(Beginning of Input data)

//! The terminals that node lines name.
ghost use Rattle.std.specs.Prelude.{◌≡◌, MatchOption, MatchResult, Err, codes, false};
ghost use Rattle.std.specs.Str.{bytes_eq};
ghost use Rattle.dmf_text.specs.Problem.{node_named};
ghost use Rattle.dmf_text.specs.Terminal.{Names, letter_of};

use crate::digits::number;
use crate::exact_fields::two_fields;
use crate::fault::ProblemFaultKind;
use crate::field::Fields;

/// One of the two terminals.
#[derive(Clone, Copy)]
pub(crate) enum Terminal {
    Source,
    Sink,
}

/// The terminal and the node that a node line names that has these fields after its first.
#[tactic(auto, unfolding(crate::specs::Problem::node_named))]
pub(crate) fn named(nodes: u32, behind: Fields<'_>) -> Result<(Terminal, u32), ProblemFaultKind>
    ensures { MatchResult result (λ named. Names nodes behind.entry named.0 named.1) (λ kind. node_named nodes behind.entry ≡ Err kind) }
{
    let (node, letter) = two_fields(behind)?;
    let node = number(node)?;
    let Some(terminal) = terminal_of(letter) else {
        return Err(ProblemFaultKind::NotSourceOrSink);
    };
    if node < 1 || node > u64::from(nodes) {
        return Err(ProblemFaultKind::NodeOutOfRange);
    }
    Ok((terminal, node as u32))
}

/// The terminal that a letter names.
fn terminal_of(letter: &[u8]) -> Option<Terminal>
    ensures { MatchOption result
        ((bytes_eq letter.now (codes "s") ≡ false) × (bytes_eq letter.now (codes "t") ≡ false))
        (λ terminal. letter.now ≡ letter_of terminal) }
{
    if letter == b"s".as_slice() {
        Some(Terminal::Source)
    } else if letter == b"t".as_slice() {
        Some(Terminal::Sink)
    } else {
        None
    }
}
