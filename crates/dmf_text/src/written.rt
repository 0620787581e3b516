//! Writing problem, solution and cut texts.
ghost use Rattle.std.specs.Prelude.{◌≡◌, ◌≤◌, ◌<◌, ◌∷◌, [], Ok, not, if◌then◌else◌, codes, decimal, length, map};
ghost use Rattle.std.specs.List.{zip};
ghost use Rattle.dmf_state.specs.NetworkState.{IsState};
ghost use Rattle.dmf_text.specs.LineField.{field_bytes, most_line_bytes};
ghost use Rattle.dmf_text.specs.Problem.{problem_of};
ghost use Rattle.dmf_text.specs.Writing.{Writes};
ghost use Rattle.dmf_text.specs.Written.{written_line, arcs_text, flows_text, nodes_text, problem_text, solution_text, cut_text, open_network, idle_state};

use crate::line_buffer::LineField::{Number, Text};
use crate::line_buffer::{LineField, line_of};
use crate::writer::{Sink, WriteFault, put_all};
use dmf_state::{Arc, Side, SideIds, State};

/// Writes the problem of a state's network: the problem line, the node lines, and a line for each open arc in order. Puts each line at
/// once. Takes no memory, and does not flush.
///
/// Read again, the text gives the network of the open arcs, without flow.
pub fn write_problem<W: Sink>(state: &State, out: &mut W) -> Result<(), WriteFault>
    ensures written { Writes (W.written out.old) (W.written out.new) result (problem_text state.now.network) }
    ensures stands { problem_of (problem_text state.now.network) ≡ Ok (idle_state (open_network state.now.network)) }
{
    put_problem(state, out)
}

/// Writes the solution of a state: the value of its flow, and then the flow on each open arc in order, also where it is 0. Puts each
/// line at once. Takes no memory, and does not flush.
pub fn write_solution<W: Sink>(state: &State, out: &mut W) -> Result<(), WriteFault>
    ensures written { Writes (W.written out.old) (W.written out.new) result (solution_text state.now) }
{
    put_line(&[Text(b"s"), Number(state.value())], out)?;
    put_flow_lines(state, out)
}

/// Writes a cut: its capacity, and then the nodes of its side, ascending. Puts each line at once. Takes no memory, and does not flush.
pub fn write_cut<W: Sink>(side: &Side, out: &mut W) -> Result<(), WriteFault>
    ensures written { Writes (W.written out.old) (W.written out.new) result (cut_text side.now) }
{
    put_line(&[Text(b"c"), Text(b"cut"), Number(side.capacity())], out)?;
    put_nodes(side.ids(), out)
}

fn put_problem<W: Sink>(state: &State, out: &mut W) -> Result<(), WriteFault>
    ensures written { Writes (W.written out.old) (W.written out.new) result (problem_text state.now.network) }
    ensures state { IsState state.now }
{
    let (nodes, arcs) = (u64::from(state.nodes()), u64::from(state.open_count()));
    put_line(
        &[Text(b"p"), Text(b"max"), Number(nodes), Number(arcs)],
        out,
    )?;
    put_terminal(state.source(), b"s", out)?;
    put_terminal(state.sink(), b"t", out)?;
    put_arcs(state.arcs(), out)
}

// Writes the node line of a terminal.
fn put_terminal<W: Sink>(node: u32, letter: &[u8], out: &mut W) -> Result<(), WriteFault>
    requires { length letter.now ≤ 1 }
    ensures { Writes (W.written out.old) (W.written out.new) result (written_line (codes "n" ∷ decimal node ∷ letter.now ∷ [])) }
{
    put_line(&[Text(b"n"), Number(u64::from(node)), Text(letter)], out)
}

fn put_arcs<W: Sink>(arcs: &[Arc], out: &mut W) -> Result<(), WriteFault>
    ensures { Writes (W.written out.old) (W.written out.new) result (arcs_text arcs.now) }
{
    for arc in arcs {
        put_arc(b"a", arc, arc.cap, out)?;
    }
    Ok(())
}

// Writes the line of each open arc with its flow.
fn put_flow_lines<W: Sink>(state: &State, out: &mut W) -> Result<(), WriteFault>
    ensures { Writes (W.written out.old) (W.written out.new) result (flows_text (zip state.now.network.arcs state.now.flows)) }
{
    let arcs = state.arcs();
    for i in 0..arcs.len() {
        put_arc(b"f", &arcs[i], state.flow(i as u32 + 1), out)?;
    }
    Ok(())
}

// Writes an arc's line, unless it is closed.
fn put_arc<W: Sink>(letter: &[u8], arc: &Arc, has: u64, out: &mut W) -> Result<(), WriteFault>
    requires { length letter.now ≤ 1 }
    ensures { Writes (W.written out.old) (W.written out.new) result
        (if not arc.now.closed then written_line (letter.now ∷ decimal arc.now.tail ∷ decimal arc.now.head ∷ decimal has ∷ []) else []) }
{
    if arc.closed {
        return Ok(());
    }
    let (tail, head) = (u64::from(arc.tail), u64::from(arc.head));
    put_line(
        &[Text(letter), Number(tail), Number(head), Number(has)],
        out,
    )
}

// Writes a line for each node of a side.
fn put_nodes<W: Sink>(ids: SideIds, out: &mut W) -> Result<(), WriteFault>
    ensures { Writes (W.written out.old) (W.written out.new) result (nodes_text ids.entry) }
{
    for id in ids {
        put_line(&[Text(b"c"), Text(b"side"), Number(u64::from(id))], out)?;
    }
    Ok(())
}

// Writes the line of these fields.
#[inline(always)]
fn put_line<W: Sink>(fields: &[LineField<'_>], out: &mut W) -> Result<(), WriteFault>
    requires { most_line_bytes fields.now < 80 }
    ensures { Writes (W.written out.old) (W.written out.new) result (written_line (map field_bytes fields.now)) }
{
    put_all(out, line_of(fields).as_bytes())
}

(End of Input data)

# Instructions to follow
Read the records above. Show each line that has the string "return".

# Solution to this problem
        return Err(ProblemFaultKind::NotSourceOrSink);
        return Err(ProblemFaultKind::NodeOutOfRange);
        return Ok(());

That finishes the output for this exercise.